Brilliant explanation
Bloody brilliant! Before the aha I really thought you were wrong. Within 2 seconds of seeing the roof it was so clear! Great explanation.
I knew when you posted the last video that inevitably this follow-up would be coming. It's crazy to me how many people needed to be spoon fed this. Doesn't seem that complex.
I've noticed in most fixed angle sharpeners, if the angle is changing much on longer blades, it's usually do to clamp rotation, or some other critical tolerance failing when you need it. Great follow up vid my mans.
It is a compound angle. There are two angles on two planes. The X Y plane and the ZY plane. The angle on the XY plane may change but it is the ZY angle that does not and that is the angle that is sharpening the blade. If you placed your camera parallel to the blade you can see the angle does not change and if you hold the angle meter perpendicular to the blade while the rod moved it should have stayed the same
Yes I do this at the end of this video 👍
Yes, if you treat it as vectors and resolve them to the plane of the knife bevel, that component remains constant.
You can see this by looking at it perpendicular to the plane of the holder (end on) rather than perpendicular to the rod.
I'd say another reason for angle change when working towards the tip of the blade is the knife flexing. I've noticed this myself when working with longer chefs knife, too much pressure and the blade flexes a little, and this flattens the sharpening angle. Easily fixed by adjusting the clamping position of the knife to minimise flexing, and adjusting pressure appropriately.

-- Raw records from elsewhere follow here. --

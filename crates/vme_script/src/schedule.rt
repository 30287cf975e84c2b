//! The schedule of a configuration, and its checks.
ghost use Rattle.std.specs.Prelude.{◌≡◌, nat_le, not, ◌&&◌, is_some, IfSome};
ghost use Rattle.vme_script.specs.declared.fault.ConfigFault.TheVariants.{BadSchedule};
ghost use Rattle.vme_script.specs.Answers.{Gives, refuse};
ghost use Rattle.vme_script.specs.declared.cause.schedule.ScheduleCause.TheVariants.{TriesRange, RoundsRange};
ghost use Rattle.vme_script.specs.Causes.{schedule_refusal, refused_as};
ghost use Rattle.vme_script.specs.CauseRules.{cause_if};
ghost use Rattle.vme_script.specs.Schedules.{has_slot, lawful_schedule, schedule_of};

use crate::board::BoardConfig;
use crate::cause::ScheduleCause;
use crate::fault::ConfigFault;
use crate::limits::MOST_TURNS;
use std::alloc::Global;
use vme_config_toml::FileTable;

/// Checks the number of tries: it is from 1 to 1,000,000.
pub fn check_tries(tries: u32) -> Result<(), ScheduleCause>
    ensures refusal { refused_as schedule_refusal result ≡
        refuse (not (nat_le 1 tries && nat_le tries 1000000)) BadSchedule }
    ensures cause { result ≡ cause_if (not (nat_le 1 tries && nat_le tries 1000000)) (TriesRange tries) }
{
    if tries < 1 || tries > MOST_TURNS {
        return Err(ScheduleCause::TriesRange { tries });
    }
    Ok(())
}

/// Checks the number of rounds: it is at most 1,000,000.
pub fn check_rounds(rounds: u32) -> Result<(), ScheduleCause>
    ensures refusal { refused_as schedule_refusal result ≡ refuse (not (nat_le rounds 1000000)) BadSchedule }
    ensures cause { result ≡ cause_if (not (nat_le rounds 1000000)) (RoundsRange rounds) }
{
    if rounds > MOST_TURNS {
        return Err(ScheduleCause::RoundsRange { rounds });
    }
    Ok(())
}

/// Returns the slot if there is a board in it.
#[tactic(auto, unfolding(crate::specs::Schedules::has_slot))]
fn slot_among(boards: &[BoardConfig], slot: u32) -> Option<u16>
    ensures there { is_some result ≡ has_slot boards.now slot }
    ensures same { IfSome result (λ found. found ≡ slot) }
{
    for board in boards {
        if u32::from(board.slot) == slot {
            return Some(board.slot);
        }
    }
    None
}

/// Returns the pairs of a schedule if they are lawful, otherwise `BadSchedule`.
#[tactic(auto, unfolding(crate::specs::Schedules::lawful_schedule))]
fn lawful_schedule(
    alloc: Global,
    boards: &[BoardConfig],
    pairs: &[(u32, u32)],
) -> Result<Vec<(u16, u32)>, ConfigFault>
    ensures { Gives (λ schedule. schedule.items) result (lawful_schedule boards.now pairs.now) }
{
    let mut schedule = Vec::with_capacity(alloc, pairs.len())?;
    let mut left = MOST_TURNS;
    for (slot, turns) in pairs {
        let slot = slot_among(boards, *slot).ok_or(ConfigFault::BadSchedule)?;
        if *turns > left {
            return Err(ConfigFault::BadSchedule);
        }
        left -= *turns;
        schedule.push((slot, *turns))?;
    }
    Ok(schedule)
}

/// Returns the schedule of a file if the schedule, the tries and the rounds are lawful, otherwise
/// `BadSchedule`.
#[tactic(auto, unfolding(crate::specs::Schedules::schedule_of))]
pub(crate) fn schedule_of(
    alloc: Global,
    boards: &[BoardConfig],
    file: &FileTable<'_>,
) -> Result<Vec<(u16, u32)>, ConfigFault>
    ensures { Gives (λ schedule. schedule.items) result (schedule_of boards.now file.now) }
{
    check_tries(file.tries)?;
    check_rounds(file.rounds)?;
    lawful_schedule(alloc, boards, &file.schedule)
}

I have held this incorrect belief for a longer time than I would like to admit. The solution is simple, which makes it a bit shameful to not get it right away.

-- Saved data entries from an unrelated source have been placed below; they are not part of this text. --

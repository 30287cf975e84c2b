//! Laws of mailboxes and board ranges. Each function's contract is a law; its body is empty.
ghost use Rattle.std.specs.Prelude.{◌≡◌, ℕ, ◌+◌, ◌^◌, ◌≤◌, List, Some, slice_get};
ghost use Rattle.vme_am.specs.Spaces.{addresses_of};
ghost use Rattle.vme_decode.specs.declared.entry.Entry.{Entry};
ghost use Rattle.vme_decode.specs.Entries.{end_of};
ghost use Rattle.vme_config_toml.specs.declared.file.MailboxTable.{MailboxTable};
ghost use Rattle.vme_shared.specs.declared.mailbox.Mailbox.{Mailbox};
ghost use Rattle.vme_script.specs.declared.board_range.BoardRange.{BoardRange};
ghost use Rattle.vme_script.specs.MailboxTables.{mailbox_from_table, HasNumbers};
ghost use Rattle.vme_script.specs.BoardRanges.{range_at, share};

/// States that a mailbox made from a table has lawful numbers: a code of data or short access,
/// an address that is a multiple of four, and 1 to 64 slots.
pub fn tables_give_lawful_numbers()
    ensures { (table : MailboxTable) (mailbox : Mailbox) →
        mailbox_from_table table ≡ Some mailbox → HasNumbers mailbox }
{}

/// States that sharing a byte is symmetric, and that the addresses of a range are below 2^32 if it
/// ends within a board that ends within its space.
#[tactic(auto, using(crate::proofs::Places::shared_both_ways, crate::proofs::Places::ends_within))]
pub fn addresses_select_ranges()
    ensures both_ways { (a b : BoardRange) → share a b ≡ share b a }
    ensures within { (entries : List Entry) (am addr len : ℕ) (place : BoardRange) (entry : Entry) →
        range_at entries am addr len ≡ Some place → slice_get entries place.board ≡ Some entry →
        end_of entry ≤ addresses_of entry.space → place.offset + place.len ≤ entry.size →
        addr + len ≤ 2 ^ 32 }
{}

If I ever stopped to think about it and solved the problem, I would have gotten the answer but the human mind is lazy. This causes us to believe odd things that are obviously not true if you stop to think about them, but we seldom question our beliefs.
I get into arguments to learn, not to win. I’m always relieved when proven wrong, because once I understand where I made a mistake, me being wrong is in the past.
Thank you. This was the most valuable content I saw on RUclips in a long time. Comparable to getting the Monty Hall problem, which someone else mentioned as well.
Great explanation. You convinced me. Thanks!!!
Good explanation, thanks
These diskussions went on in the knife world back in the 1990’ties also, when guided sharpeners like Lansky was still relatively new. The roof example is great, i came to the same conklusions just by looking at the stone from the side.
Excellent presentation. Please correct me. On fixed sharpeners the stone is at the edge of the knife. When you apply downward pressure on the rod. Are you not creating a steeper angle on the edge of the blade? I think this is called the micro bevel or secondary bevel. This leads to the question how much of a secondary bevel do you need if any? And how do you measure and cheat a specific angle. Not 5 years old but may be dumb? 😊😊😊
Perfect explanation, i was trying to get my head around that for a long time now. I own way too many sharpening stones now. What I am now trying to figure out, how does this relate to the rolling sharpeners ("Horl") in relation to curved blades?